→ **Problem description**:
Each line from the beginning of the data below through the line containing "use tree_starts::StartFault;" should be repeated exactly, please.

--

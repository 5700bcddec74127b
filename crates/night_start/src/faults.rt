//! From what stops an explorer to what its user is told.

use crate::explorer::Explorer;
use crate::paths::{path_of, push_name};
use crate::refusal::{Cause, Refusal, Spot, Stop, WalkFault};
use nfs3_types::{NfsCall, NfsReply};
use std::alloc::AllocError;
use tree_starts::StartFault;

/// How many names of an export are told that isn't empty.
const NAMES_TOLD: usize = 5;

impl Explorer {
    /// Takes in an exchange, which has this index.
    pub(crate) fn learn(
        &mut self,
        index: usize,
        call: &NfsCall,
        reply: &NfsReply,
    ) -> Result<(), WalkFault> {
        if !call.is_answered_by(reply) {
            return Err(self.fault(Stop::at(Cause::WrongReply, self.spot())));
        }
        match self.take(index, reply) {
            Ok(()) => Ok(()),
            Err(stop) => Err(self.fault(stop)),
        }
    }

    /// What the user is told.
    pub(crate) fn fault(&self, stop: Stop) -> WalkFault {
        match stop {
            Stop::Refused { cause, spot, other } => match self.refusal(cause, spot, other) {
                Ok(refusal) => WalkFault::Refused(refusal),
                Err(_) => WalkFault::NoMemory,
            },
            Stop::NoMemory => WalkFault::NoMemory,
        }
    }

    /// The walk isn't at its end.
    pub(crate) fn unfinished(&self) -> WalkFault {
        self.fault(Stop::at(Cause::Unfinished, Spot::Account(0)))
    }

    /// The objects are no start.
    pub(crate) fn no_start(&self, fault: StartFault) -> WalkFault {
        let stop = match fault {
            StartFault::BadStart(number) | StartFault::TooLarge(number) => {
                Stop::at(Cause::NoStart(fault), Spot::Account(number as usize))
            }
            StartFault::NoMemory => Stop::NoMemory,
        };
        self.fault(stop)
    }

    fn refusal(
        &self,
        cause: Cause,
        spot: Spot,
        other: Option<usize>,
    ) -> Result<Refusal, AllocError> {
        let path = self.path(spot)?;
        let others = match other {
            Some(number) => self.path(Spot::Account(number))?,
            None => self.first_names(cause)?,
        };
        Ok(Refusal {
            cause,
            path,
            others,
        })
    }

    fn path(&self, spot: Spot) -> Result<String, AllocError> {
        let accounts = self.known.accounts.as_slice();
        match spot {
            Spot::Account(number) => path_of(self.alloc, accounts, number, None),
            Spot::Entry(index) => {
                let name = match self.list.entries.get(index) {
                    Some(entry) => Some(entry.name.as_slice()),
                    None => None,
                };
                path_of(self.alloc, accounts, self.listed, name)
            }
        }
    }

    /// The first names of an export that isn't empty.
    fn first_names(&self, cause: Cause) -> Result<String, AllocError> {
        let mut text = String::new(self.alloc);
        if cause != Cause::NotEmpty {
            return Ok(text);
        }
        for (index, entry) in self.list.entries.iter().enumerate() {
            if index == NAMES_TOLD {
                text.push_str(", ..")?;
                break;
            }
            if index > 0 {
                text.push_str(", ")?;
            }
            push_name(&mut text, entry.name.as_slice())?;
        }
        Ok(text)
    }
}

--

→ **Exercise solution**:
repository 5700bcddec74127b
filename crates/night_start/src/faults.rt
//! From what stops an explorer to what its user is told.

use crate::explorer::Explorer;
use crate::paths::{path_of, push_name};
use crate::refusal::{Cause, Refusal, Spot, Stop, WalkFault};
use nfs3_types::{NfsCall, NfsReply};
use std::alloc::AllocError;
use tree_starts::StartFault;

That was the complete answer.